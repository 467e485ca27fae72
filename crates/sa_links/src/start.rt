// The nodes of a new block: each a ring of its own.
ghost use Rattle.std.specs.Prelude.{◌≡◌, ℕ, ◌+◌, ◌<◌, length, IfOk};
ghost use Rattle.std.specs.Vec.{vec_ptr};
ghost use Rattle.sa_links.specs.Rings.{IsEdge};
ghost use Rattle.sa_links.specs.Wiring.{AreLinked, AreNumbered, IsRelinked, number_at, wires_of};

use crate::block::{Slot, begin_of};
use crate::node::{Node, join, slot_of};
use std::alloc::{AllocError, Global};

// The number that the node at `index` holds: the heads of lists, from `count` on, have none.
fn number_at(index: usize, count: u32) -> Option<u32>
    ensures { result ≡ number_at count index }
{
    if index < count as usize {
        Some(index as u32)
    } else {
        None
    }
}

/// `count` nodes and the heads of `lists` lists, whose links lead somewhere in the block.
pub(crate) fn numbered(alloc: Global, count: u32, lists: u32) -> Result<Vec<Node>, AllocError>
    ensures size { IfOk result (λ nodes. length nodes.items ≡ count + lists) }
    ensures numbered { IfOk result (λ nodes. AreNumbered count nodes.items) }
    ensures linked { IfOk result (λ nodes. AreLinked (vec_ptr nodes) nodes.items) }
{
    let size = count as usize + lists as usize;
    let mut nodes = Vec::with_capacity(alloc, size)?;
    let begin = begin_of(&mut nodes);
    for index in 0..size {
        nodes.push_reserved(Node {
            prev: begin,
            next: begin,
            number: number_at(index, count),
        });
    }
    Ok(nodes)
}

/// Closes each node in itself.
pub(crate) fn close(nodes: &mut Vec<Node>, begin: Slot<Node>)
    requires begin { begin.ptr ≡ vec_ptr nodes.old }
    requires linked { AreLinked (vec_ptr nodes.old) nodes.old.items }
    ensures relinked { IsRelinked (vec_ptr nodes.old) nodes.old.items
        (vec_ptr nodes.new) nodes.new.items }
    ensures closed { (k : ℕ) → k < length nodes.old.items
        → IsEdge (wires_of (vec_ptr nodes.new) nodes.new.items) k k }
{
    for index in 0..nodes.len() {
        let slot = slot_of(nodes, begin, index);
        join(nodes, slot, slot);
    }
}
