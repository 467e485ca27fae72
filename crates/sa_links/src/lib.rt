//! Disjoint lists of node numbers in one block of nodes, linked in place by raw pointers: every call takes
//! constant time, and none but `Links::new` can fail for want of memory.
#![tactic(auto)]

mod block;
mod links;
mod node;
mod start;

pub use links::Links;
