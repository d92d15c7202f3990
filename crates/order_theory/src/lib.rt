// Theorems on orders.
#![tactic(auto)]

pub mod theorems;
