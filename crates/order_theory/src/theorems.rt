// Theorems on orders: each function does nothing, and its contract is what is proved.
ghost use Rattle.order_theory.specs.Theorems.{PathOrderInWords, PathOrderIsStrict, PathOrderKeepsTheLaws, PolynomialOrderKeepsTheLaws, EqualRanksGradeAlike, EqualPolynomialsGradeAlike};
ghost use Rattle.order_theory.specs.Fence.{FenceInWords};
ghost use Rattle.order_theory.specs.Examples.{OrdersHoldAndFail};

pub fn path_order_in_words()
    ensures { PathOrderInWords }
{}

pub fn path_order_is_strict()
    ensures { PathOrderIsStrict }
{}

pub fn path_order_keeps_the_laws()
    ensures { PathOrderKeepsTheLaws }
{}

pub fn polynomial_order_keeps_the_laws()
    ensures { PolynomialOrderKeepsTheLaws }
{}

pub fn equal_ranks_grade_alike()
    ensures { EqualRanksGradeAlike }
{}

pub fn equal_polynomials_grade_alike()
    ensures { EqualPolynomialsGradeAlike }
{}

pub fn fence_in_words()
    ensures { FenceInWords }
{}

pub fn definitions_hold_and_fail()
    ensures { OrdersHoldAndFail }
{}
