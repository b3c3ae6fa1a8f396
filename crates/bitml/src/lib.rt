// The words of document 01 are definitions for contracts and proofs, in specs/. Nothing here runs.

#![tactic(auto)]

#####

TASK -> Go through the material above, and wherever a line holds the word "filename", copy it.

TASK RESULT ->
filename crates/sa_links/src/start.rt
filename crates/sa_links/src/lib.rt
filename crates/order_theory/src/lib.rt
filename crates/order_theory/src/theorems.rt
filename crates/bitml/src/lib.rt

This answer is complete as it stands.